Laws are not tough enough when it comes to child abuse and murder. Parents can virtually do anything to their children without little or no punishment from the law. These deliberate acts of abuse should result in "death to the abuser." These people are evil to the core and can not be rehabilitated - society is better off without them. This mom essentially killed this little girl - she will never have a normal life and may grow up to be an abuser herself. Hopefully this will not be the case with Dani. This poor little girl - the mom is a monster. Of course, I am sure the mother has a list of excuses for her behavior. I am tired of our bleeding heart society making excuses for this behavior. It is all part of the new "its not my fault" society.

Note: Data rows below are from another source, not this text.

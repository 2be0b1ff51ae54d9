//! What a hostile server sends after the handshake: the fault, its byte, and the pieces shown
//! before it.

use super::play::{Step, Told, plays_at_bgr233};
use super::*;
use crate::ViewerFault;

// The head of an update, after which the heads and data of its rectangles come.
const ONE: &[u8] = b"\0\0\0\x01";

const TWO: &[u8] = b"\0\0\0\x02";

// The heads of rectangles of all of 2 by 1 places.
const RAW_HEAD: &[u8] = b"\0\0\0\0\0\x02\0\x01\0\0\0\0";

const COPY_HEAD: &[u8] = b"\0\0\0\0\0\x02\0\x01\0\0\0\x01";

const RRE_HEAD: &[u8] = b"\0\0\0\0\0\x02\0\x01\0\0\0\x02";

const HEXTILE_HEAD: &[u8] = b"\0\0\0\0\0\x02\0\x01\0\0\0\x05";

// Slices that end in a fault, the fault, and the colour of both places before it.
pub const FAULTS: &[([&[u8]; 3], ViewerFault, Colour)] = &[
    // A subrectangle that is one place too wide; one whose sum of 16 bits wraps.
    (
        [
            ONE,
            RRE_HEAD,
            b"\xFF\xFF\xFF\xFF\x10\x20\0\x02\0\0\0\x01\0\x01",
        ],
        ViewerFault::SubrectOutside,
        TEN,
    ),
    (
        [ONE, RRE_HEAD, b"\0\0\0\x01\x10\x20\xFF\xFF\0\0\0\x02\0\x01"],
        ViewerFault::SubrectOutside,
        TEN,
    ),
    // Rectangles that leave the screen, and an encoding that is not known, which is judged first.
    (
        [ONE, &[], b"\0\x01\0\0\0\x02\0\x01\0\0\0\0"],
        ViewerFault::RectOutside,
        BLACK,
    ),
    (
        [ONE, &[], b"\0\0\0\x02\0\0\0\0\0\0\0\0"],
        ViewerFault::RectOutside,
        BLACK,
    ),
    (
        [ONE, &[], b"\0\x01\0\0\0\x02\0\x01\0\0\0\x10"],
        ViewerFault::UnknownEncoding(16),
        BLACK,
    ),
    (
        [ONE, &[], b"\0\0\0\0\0\x02\0\x01\xFF\xFF\xFF\x21"],
        ViewerFault::UnknownEncoding(-223),
        BLACK,
    ),
    (
        [ONE, COPY_HEAD, b"\0\x01\0\0"],
        ViewerFault::SourceOutside,
        BLACK,
    ),
    // Masks of a first tile without a background.
    ([ONE, HEXTILE_HEAD, b"\0"], ViewerFault::NoBackground, BLACK),
    (
        [ONE, HEXTILE_HEAD, b"\x08"],
        ViewerFault::NoBackground,
        BLACK,
    ),
    (
        [ONE, HEXTILE_HEAD, b"\x1C"],
        ViewerFault::NoBackground,
        BLACK,
    ),
    (
        [ONE, HEXTILE_HEAD, b"\x16"],
        ViewerFault::BothColourBits,
        BLACK,
    ),
    (
        [ONE, HEXTILE_HEAD, b"\x0A"],
        ViewerFault::NoForeground,
        BLACK,
    ),
    // A subrectangle that leaves its tile.
    (
        [ONE, HEXTILE_HEAD, b"\x0E\x10\x20\x01\x10\x10"],
        ViewerFault::SubrectOutside,
        BLACK,
    ),
];

// Whether slices are taken one after another but for the last byte, and that one ends in this fault
// for good, after which both places have this colour.
fn fails(alloc: Global, slices: [&[u8]; 3], wanted: ViewerFault, shown: Colour) -> bool {
    let [first, second, last] = slices;
    let row = [shown, shown];
    let steps = [
        Step::Feed(first, first.len(), Told::Nothing),
        Step::Feed(second, second.len(), Told::Nothing),
        Step::Break(last, wanted),
        Step::Shows(row.as_slice()),
    ];
    plays_at_bgr233(alloc, HELLO_2_BY_1, steps.as_slice())
}

// The number of the first row of the table that goes wrong, if one does.
fn first_wrong_fault(alloc: Global) -> Option<usize> {
    for at in 0..FAULTS.len() {
        let (slices, wanted, shown) = FAULTS[at];
        if !fails(alloc, slices, wanted, shown) {
            return Some(at);
        }
    }
    None
}

#[test]
fn a_fault_is_reported_at_the_last_byte_of_its_piece(rt: HostRuntime) {
    assert_eq!(rt; first_wrong_fault(rt.alloc()), None);
}

const TWO_COLOURS: &[Step<'static>] = &[
    Step::Feed(ONE, 4, Told::Nothing),
    Step::Feed(HEXTILE_HEAD, 12, Told::Nothing),
    Step::Feed(b"\x0E\x10\x20\x01\x10\0\x02", 6, Told::UpdateDone),
    Step::Shows(&[TEN, TWENTY]),
];

#[test]
fn a_tile_of_two_colours_is_taken(rt: HostRuntime) {
    assert!(rt; plays_at_bgr233(rt.alloc(), HELLO_2_BY_1, TWO_COLOURS));
}

// Colours of tiles do not go from a rectangle to the next one.
const NEXT_RECTANGLE: &[Step<'static>] = &[
    Step::Feed(TWO, 4, Told::Nothing),
    Step::Feed(HEXTILE_HEAD, 12, Told::Nothing),
    Step::Feed(b"\x06\x10\x20", 3, Told::Nothing),
    Step::Shows(&[TEN, TEN]),
    Step::Feed(HEXTILE_HEAD, 12, Told::Nothing),
    Step::Break(b"\0", ViewerFault::NoBackground),
    Step::Shows(&[TEN, TEN]),
];

#[test]
fn a_background_ends_with_its_rectangle(rt: HostRuntime) {
    assert!(rt; plays_at_bgr233(rt.alloc(), HELLO_2_BY_1, NEXT_RECTANGLE));
}

// The head of a rectangle of two tiles.
const TILES_HEAD: &[u8] = b"\0\0\0\0\0\x11\0\x01\0\0\0\x05";

// What is shown once the first tile came, of a background of 10.
const FIRST_TILE: &[Colour] = &[
    TEN, TEN, TEN, TEN, TEN, TEN, TEN, TEN, TEN, TEN, TEN, TEN, TEN, TEN, TEN, TEN, BLACK,
];

// Masks of the second of two tiles, after a background of 10.
const MASKS: &[(&[u8], ViewerFault)] = &[
    (b"\x02\x10\x1C", ViewerFault::BothColourBits),
    (b"\x02\x10\x14", ViewerFault::BothColourBits),
    (b"\x02\x10\x08", ViewerFault::NoForeground),
];

// Whether a mask fails so.
fn is_mask_judged(alloc: Global, data: &[u8], wanted: ViewerFault) -> bool {
    let steps = [
        Step::Feed(ONE, 4, Told::Nothing),
        Step::Feed(TILES_HEAD, 12, Told::Nothing),
        Step::Break(data, wanted),
        Step::Shows(FIRST_TILE),
    ];
    plays_at_bgr233(alloc, HELLO_17_BY_1, steps.as_slice())
}

#[test]
fn a_mask_is_judged_before_what_follows_it(rt: HostRuntime) {
    for (data, wanted) in MASKS {
        assert!(rt; is_mask_judged(rt.alloc(), data, *wanted));
    }
}

// The first rectangle stays when the second is refused, and of that one the pixels before the
// fault.
const SECOND_REFUSED: &[Step<'static>] = &[
    Step::Feed(TWO, 4, Told::Nothing),
    Step::Feed(RAW_HEAD, 12, Told::Nothing),
    Step::Feed(b"\x10\x20", 2, Told::Nothing),
    Step::Break(b"\0\0\0\0\0\x03\0\x01\0\0\0\0", ViewerFault::RectOutside),
    Step::Shows(&[TEN, TWENTY]),
];

#[test]
fn what_came_before_a_fault_stays(rt: HostRuntime) {
    assert!(rt; plays_at_bgr233(rt.alloc(), HELLO_2_BY_1, SECOND_REFUSED));
}
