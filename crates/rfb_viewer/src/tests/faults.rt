//! Faults and refusals as they are printed: a number and a name.

use super::*;
use crate::{CallFault, TextFault, ViewerFault};
use std::fmt::Display;

const FAULTS: &[ViewerFault] = &[
    ViewerFault::UnknownMessage(4),
    ViewerFault::UnknownEncoding(-223),
    ViewerFault::RectOutside,
    ViewerFault::SubrectOutside,
    ViewerFault::NoBackground,
    ViewerFault::NoForeground,
    ViewerFault::BothColourBits,
    ViewerFault::SourceOutside,
    ViewerFault::BadVersion,
    ViewerFault::NoneNotOffered,
    ViewerFault::Refused(2),
    ViewerFault::BadSecurityWord,
    ViewerFault::SecurityFailed(2),
    ViewerFault::ScreenEmpty,
    ViewerFault::ScreenTooLarge,
    ViewerFault::NoMemory,
];

const FAULTS_PRINTED: &str = "7 UnknownMessage
8 UnknownEncoding
9 RectOutside
10 SubrectOutside
11 NoBackground
12 NoForeground
13 BothColourBits
14 SourceOutside
15 BadVersion
18 NoneNotOffered
19 Refused
20 BadSecurityWord
21 SecurityFailed
22 ScreenEmpty
23 ScreenTooLarge
30 NoMemory
";

const REFUSALS: &[CallFault] = &[CallFault::NotReady, CallFault::Busy, CallFault::AreaOutside];

const TEXT_REFUSALS: &[TextFault] = &[TextFault::NotReady, TextFault::NoMemory];

const REFUSALS_PRINTED: &str = "25 NotReady
26 Busy
27 AreaOutside
25 NotReady
30 NoMemory
";

// Appends each fault as it is printed, one a line.
fn print_each<T: Display>(faults: &[T], lines: &mut String) -> Result<(), AllocError> {
    for fault in faults {
        writeln!(lines, "{fault}")?;
    }
    Ok(())
}

#[test]
fn a_fault_prints_its_number_and_its_name(rt: HostRuntime) -> Result<(), AllocError> {
    let mut lines = String::new(rt.alloc());
    print_each(FAULTS, &mut lines)?;
    assert_eq!(rt; lines.as_str(), FAULTS_PRINTED);
    Ok(())
}

#[test]
fn a_refusal_prints_its_number_and_its_name(rt: HostRuntime) -> Result<(), AllocError> {
    let mut lines = String::new(rt.alloc());
    print_each(REFUSALS, &mut lines)?;
    print_each(TEXT_REFUSALS, &mut lines)?;
    assert_eq!(rt; lines.as_str(), REFUSALS_PRINTED);
    Ok(())
}

// Whether the text of each fault is its number, a space and its name.
fn begin_with_their_numbers(alloc: Global) -> Result<bool, AllocError> {
    let mut all = true;
    for fault in FAULTS {
        let text = format!(in alloc; "{fault}")?;
        let number = format!(in alloc; "{} ", fault.number())?;
        all = all && text.starts_with(number.as_str());
    }
    Ok(all)
}

#[test]
fn the_text_of_a_fault_begins_with_its_number(rt: HostRuntime) -> Result<(), AllocError> {
    assert!(rt; begin_with_their_numbers(rt.alloc())?);
    Ok(())
}
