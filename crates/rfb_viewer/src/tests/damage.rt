//! What changed of a picture of 8 by 6 places. The rectangles that hold others were drawn by hand.

use super::play::{Step, Told, plays_at_bgr233};
use super::*;
use crate::ViewerFault;
use rfb_picture::Rect;

const ALL: Rect = Rect {
    x: 0,
    y: 0,
    w: 8,
    h: 6,
};

// An update of two rectangles in Raw: column 2 of rows 1 and 2, and columns 5 and 6 of row 0.
const TWO: &[u8] = b"\0\0\0\x02\
    \0\x02\0\x01\0\x01\0\x02\0\0\0\0\x10\x20\
    \0\x05\0\0\0\x02\0\x01\0\0\0\0\x10\x20";

// They lie in columns 2 to 6 of rows 0 to 2.
const BOTH: Rect = Rect {
    x: 2,
    y: 0,
    w: 5,
    h: 3,
};

const ONE_AFTER_ANOTHER: &[Step<'static>] = &[
    Step::Changed(Some(ALL)),
    Step::Changed(None),
    Step::Feed(TWO, 32, Told::UpdateDone),
    Step::Changed(Some(BOTH)),
    Step::Changed(None),
];

#[test]
fn damage_is_the_least_rectangle_that_holds_both_until_it_is_asked(rt: HostRuntime) {
    assert!(rt; plays_at_bgr233(rt.alloc(), HELLO_8_BY_6, ONE_AFTER_ANOTHER));
}

// An update of 3 by 2 places from (1, 2) on, up to the last byte of its head but one; that byte and
// two of its six pixels; and the others.
const FRONT: &[u8] = b"\0\0\0\x01\0\x01\0\x02\0\x03\0\x02\0\0\0";

const MIDDLE: &[u8] = b"\0\x10\x20";

const BACK: &[u8] = b"\x10\x20\x10\x20";

const SIX: Rect = Rect {
    x: 1,
    y: 2,
    w: 3,
    h: 2,
};

const CUT: &[Step<'static>] = &[
    Step::Changed(Some(ALL)),
    Step::Feed(FRONT, 15, Told::Nothing),
    Step::Changed(None),
    Step::Feed(MIDDLE, 3, Told::Nothing),
    Step::Changed(Some(SIX)),
    Step::Changed(Some(SIX)),
    Step::Feed(BACK, 4, Told::UpdateDone),
    Step::Changed(Some(SIX)),
    Step::Changed(None),
];

#[test]
fn a_rectangle_counts_from_its_head_on_and_as_long_as_it_is_under_way(rt: HostRuntime) {
    assert!(rt; plays_at_bgr233(rt.alloc(), HELLO_8_BY_6, CUT));
}

// A place at (0, 0), and no places at (7, 5).
const PLACE_AND_NONE: &[u8] = b"\0\0\0\x02\
    \0\0\0\0\0\x01\0\x01\0\0\0\0\x10\
    \0\x07\0\x05\0\0\0\x01\0\0\0\0";

const ONE: Rect = Rect {
    x: 0,
    y: 0,
    w: 1,
    h: 1,
};

const EMPTY: &[Step<'static>] = &[
    Step::Changed(Some(ALL)),
    Step::Feed(PLACE_AND_NONE, 29, Told::UpdateDone),
    Step::Changed(Some(ONE)),
];

#[test]
fn a_rectangle_without_a_place_adds_nothing(rt: HostRuntime) {
    assert!(rt; plays_at_bgr233(rt.alloc(), HELLO_8_BY_6, EMPTY));
}

// RRE for 2 by 2 places from (1, 1) on, with a subrectangle of three columns.
const TOO_WIDE: &[u8] = b"\0\0\0\x01\0\x01\0\x01\0\x02\0\x02\0\0\0\x02\0\0\0\x01\x10\
    \x20\0\0\0\0\0\x03\0\x01";

const FOUR: Rect = Rect {
    x: 1,
    y: 1,
    w: 2,
    h: 2,
};

const FAULT: &[Step<'static>] = &[
    Step::Changed(Some(ALL)),
    Step::Fail(TOO_WIDE, ViewerFault::SubrectOutside),
    Step::Changed(Some(FOUR)),
    Step::Changed(None),
];

#[test]
fn a_rectangle_at_fault_counts_too(rt: HostRuntime) {
    assert!(rt; plays_at_bgr233(rt.alloc(), HELLO_8_BY_6, FAULT));
}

This has to be the worst thing that could happen to a child. Unimaginable!! I am so thankful that Dani is now safe with a new family and God willing she will eventually forget all about her ordeal for 6 very long years. What is wrong with the "system" to let that cold heart ed, worthless piece of a human being to get away with such a thing. I am a mother of 2. I could not imagine. Just the thought makes me sick to my stomach.
I cry everytime I hear of things like this happening. I couldn't imagine doing those things to a defenseless child. What one earth could a child do for the "parents" to think that the child "deserves" it. People who do that should be made to live in the same conditions, only that will never happen, there are LAWS against it. I have one little girl, and would love to have more children, it may not ever happen, and everything I read these stories, I wonder why someone get's blessed with a child only to torture them.
I heard another story here in Nevada, same type of parents, torturing their 3 children from birth,locking them up in dog kennels, these children couldn't speak, cry normally,have real feelings, they were treated like animals, now if you don't want children in this world, don't HAVE THEM, b-cuz I love my children!